Renningen-Malmsheim - Hamburg ist einfach nicht zu toppen“, schwärmte Hanna Philippin nach dem siebten von insgesamt neun Rennen in der Triathlon-Weltmeisterschaftsserie. Beim Sprintwettbewerb über 750 Meter Schwimmen in der Binnenalster, 20 Kilometer Radfahren und fünf Kilometer Laufen landete die Profisportlerin aus Malmsheim in 58,24 Minuten auf Platz 18. Schnellste Frau war die US-Amerikanerin Katie Zaferes in 57,03 Minuten vor Rachel Klamer aus den Niederlanden (57,14) und der Favoritin aus den USA, Gwen Jorgensen ( 57,29). Philippin, die in Saarbrücken lebt, kam hinter Laura Lindemann (58,06 Minuten) als zweitschnellste deutsche Teilnehmerin ins Ziel und sicherte sich damit einen Startplatz für das Weltmeisterschaftsrennen der gemischten Mannschaften am Sonntag.

Und hier hat sich das Quartett der Deutschen Triathlon Union – Laura Lindemann, Jonathan Zipf, Hanna Philippin und Gregor Buchholz – nach einem spektakulären Zielsprint die zweite WM-Medaille für Deutschland nach dem Titel 2013 gesichert. Gold ging bei der vierten Auflage erstmals an die USA (1:20,29 Stunden). Australien gewann zeitgleich mit dem DTU-Team (1:20,58 Stunden) Silber. Jedes Mitglied absolvierte 300 Meter Schwimmen sowie 6,6 Kilometer auf dem Rad und 1,6 Kilometer Laufen. Hanna Philippin übernahm als dritte Deutsche auf Platz fünf und schloss mit großem Team- und Kampfgeist schon beim Schwimmen die Lücke zu den enteilten Teams aus Südafrika, Russland und Frankreich. Auf dem Rad leistete sie viel Führungsarbeit. Umso höher ist ihre anschließende Laufleistung einzuordnen. „Ich hätte nicht gedacht, dass es noch so gut geht“, sagte sie nach dem Rennen. Gregor Buchholz als letzter Starter machte die Bronzemedaille perfekt.

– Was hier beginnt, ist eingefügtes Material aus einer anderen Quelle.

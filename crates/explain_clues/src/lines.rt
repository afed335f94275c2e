//! A line of a text by its number.
ghost use Rattle.std.specs.Prelude.{◌≡◌, ◌+◌, option_map, slice_get};
ghost use Rattle.text_lines.specs.Lines.{without_mark, lines_in};
ghost use Rattle.explain_clues.specs.Lines.{line_of};

use text_lines::{cut_line, without_mark};

/// The line after `others` lines.
fn line_after(text: &[u8], others: u32) -> Option<&[u8]>
    ensures { option_map (λ line. line.now) result ≡ slice_get (lines_in (without_mark text.now)) others }
{
    let mut remaining = Some(without_mark(text));
    for k in 0..others {
        let Some(rest) = remaining else {
            return None;
        };
        remaining = cut_line(rest).after;
    }
    match remaining {
        None => None,
        Some(rest) => Some(cut_line(rest).line),
    }
}

/// The line of a text with a number, counted from 1, without its end. None if the text has fewer lines.
pub fn line_of(text: &[u8], number: u32) -> Option<&[u8]>
    ensures { option_map (λ line. line.now) result ≡ line_of text.now number }
{
    if number == 0 {
        return None;
    }
    line_after(text, number - 1)
}
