//! Changes with which a record has a correction.

use crate::listed::Listed;

/// A change with which a record has a correction.
#[derive(Drop)]
pub(crate) struct Candidate {
    /// The change.
    pub listed: Listed,
    /// What it costs.
    pub cost: u128,
}

/// The changes with which a record has a correction, from a place on.
#[derive(Drop)]
pub(crate) struct Candidates {
    /// The changes.
    pub found: Vec<Candidate>,
    /// The first place that was tried.
    pub from: usize,
}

Schon am Samstag im Einzel-Wettbewerb wurden die Athleten in Hamburg begeistert von den Zuschauern umjubelt. „Die Massen haben dich ins Ziel getragen, das war einfach gigantisch“, so Philippin. Die 23-Jährige kam unter den Top 25 aus dem Wasser. Auf der anspruchsvollen Radstrecke durch die Innenstadt überzeugte sie dann in der Verfolgergruppe mit ihrer Führungsarbeit und machte einige Plätze gut. Als Zehntschnellste kam sie in die Wechselzone, fast zeitgleich mit ihrer Teamkollegin Laura Lindemann, die schließlich beim Laufen den etwas längeren Atem hatte. Philippin war zufrieden mit ihrer Vorstellung. „Ich befinde mich auf dem Weg der Besserung“, sagte sie und spielte die zuletzt erlebten Erlebnisse bei ihren Rennen an, wo sie mal in einen Sturz verwickelt wurde oder von Krämpfen geplagt war. Und vor allem gelang es ihr, Abstand von den Aufregungen der letzten Tage zu gewinnen.

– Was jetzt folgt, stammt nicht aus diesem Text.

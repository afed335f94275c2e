//! The lines of an answer.

use crate::differences::{push_lines, push_stop};
use crate::racks::push_racks;
use crate::repaired::push_repaired;
use crate::results::push_results;
use compare_alignments::{MOST_ITEMS, Side, chosen_side};
use compare_answers::{ComparisonAnswer, GameEnd};
use compare_choices::Stop;
use explain_parts::say;
use game_case::{Finding, finding_line};
use std::alloc::{AllocError, Global};

/// Appends what is said of the pair at an index, if it differs.
fn push_pair_at(
    alloc: Global,
    text: &mut Vec<u8>,
    answer: &ComparisonAnswer,
    index: usize,
) -> Result<(), AllocError> {
    let sheets = &answer.sheets;
    let (Some(pair), Some(found)) = (
        sheets.pairs.as_slice().get(index),
        answer.pairs.as_slice().get(index),
    ) else {
        return Ok(());
    };
    push_lines(alloc, text, sheets, pair, found.lines)?;
    push_racks(text, sheets, pair, found.racks)
}

/// Appends how many other choices are as good, if there are any.
fn push_rivals(text: &mut Vec<u8>, answer: &ComparisonAnswer) -> Result<(), AllocError> {
    let rivals = answer.comparison.find.rivals.len();
    if rivals == 0 {
        return Ok(());
    }
    say!(text; (rivals, "other choice"), " of the lines would stand as well\n")
}

/// Appends how many choices are left open, if there are any.
fn push_remaining(text: &mut Vec<u8>, answer: &ComparisonAnswer) -> Result<(), AllocError> {
    let remaining = answer.comparison.find.remaining.len();
    if remaining == 0 {
        return Ok(());
    }
    say!(text; "of ", (remaining, "choice"), " of the lines it is not known whether a deal yields the racks\n")
}

/// Appends which lines a choice takes.
fn push_taken(text: &mut Vec<u8>, choice: usize, items: usize) -> Result<(), AllocError> {
    for number in 0..items.min(MOST_ITEMS) {
        let side = chosen_side(choice, number);
        let name = match side {
            Side::First => "first",
            Side::Second => "second",
        };
        let front = if number == 0 { "" } else { ", " };
        say!(text; front, name)?;
    }
    Ok(())
}

/// Appends which lines a choice takes, if there is a choice.
pub(crate) fn push_name(
    text: &mut Vec<u8>,
    answer: &ComparisonAnswer,
    choice: usize,
) -> Result<(), AllocError> {
    let items = answer.counts.items;
    if items == 0 {
        say!(text; "the record of both sheets")
    } else {
        push_taken(text, choice, items)
    }
}

/// Appends where the choice that goes furthest stops.
fn push_furthest(
    alloc: Global,
    text: &mut Vec<u8>,
    answer: &ComparisonAnswer,
    stop: &Stop,
) -> Result<(), AllocError> {
    push_name(text, answer, stop.choice)?;
    let why = stop.stopped.refusal.why;
    say!(text; " goes furthest: ")?;
    push_stop(alloc, text, &answer.sheets, answer.stop_at, why)?;
    say!(text; "\n")
}

/// Appends that no choice makes a game.
fn push_none(
    alloc: Global,
    text: &mut Vec<u8>,
    answer: &ComparisonAnswer,
) -> Result<(), AllocError> {
    say!(text; "none of ", (answer.counts.choices, "choice"), " of the lines is known to be a game\n")?;
    match &answer.comparison.furthest {
        Some(stop) => push_furthest(alloc, text, answer, stop),
        None => Ok(()),
    }
}

/// Appends the verdict on the game, the last totals that differ, and who won.
fn push_end(
    alloc: Global,
    text: &mut Vec<u8>,
    answer: &ComparisonAnswer,
    end: &GameEnd,
) -> Result<(), AllocError> {
    let line = finding_line(
        alloc,
        &Finding::Legal {
            complete: end.complete,
        },
    )?;
    text.extend_from_slice(line.as_slice())?;
    push_results(
        text,
        &answer.sheets.first.players,
        &end.results,
        end.complete,
    )
}

/// Appends what is found of two sheets: each difference with its lines and what the rules say of them, the verdict on the merged record, the last totals
/// that differ, and who won. If no choice of the lines makes a game, the verdict is that on the record of a choice with one more change, if there is one.
///
/// It fails only if memory runs out.
pub fn push_comparison(
    alloc: Global,
    text: &mut Vec<u8>,
    answer: &ComparisonAnswer,
) -> Result<(), AllocError> {
    for index in 0..answer.pairs.len() {
        push_pair_at(alloc, text, answer, index)?;
    }
    if answer.comparison.find.best.is_some() {
        push_rivals(text, answer)?;
        push_remaining(text, answer)?;
    } else {
        push_remaining(text, answer)?;
        push_none(alloc, text, answer)?;
        push_repaired(text, answer)?;
    }
    match &answer.end {
        Some(end) => push_end(alloc, text, answer, end),
        None => Ok(()),
    }
}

Denn in der Hansestadt stand am Wochenende auch die Sportpolitik im Fokus. Die Geschichte um die Vergabe der Startplätze für die Olympischen Spiele in Rio de Janeiro ist noch nicht zu Ende. Obwohl allein Anne Haug die Qualifikationsnorm vorweisen konnte, wollte die Deutsche Triathlon Union (DTU) weitere vier Triathleten (Laura Lindemann, Anja Knapp, Steffen Justus und Gregor Buchholz) nach Rio schicken. Rebecca Robisch aus Saarlouis, Mitglied im Nationalkader, hatte erfolgreich gegen ihre Nicht-Nominierung geklagt (wir berichteten). Der Schuss ging allerdings nach hinten los. Der Deutsche Olympische Sportbund (DOSB) gab in der vergangenen Woche nur Anne Haug grünes Licht. Dagegen wehrte sich Robisch erneut. Und nach einer jüngsten Entscheidung des Landgerichtes Frankfurt/Main muss der DOSB die Nominierung der Triathleten neu regeln. Damit könnte neben Anne Haug doch noch eine weitere Athletin oder ein Athlet die Reise nach Rio antreten.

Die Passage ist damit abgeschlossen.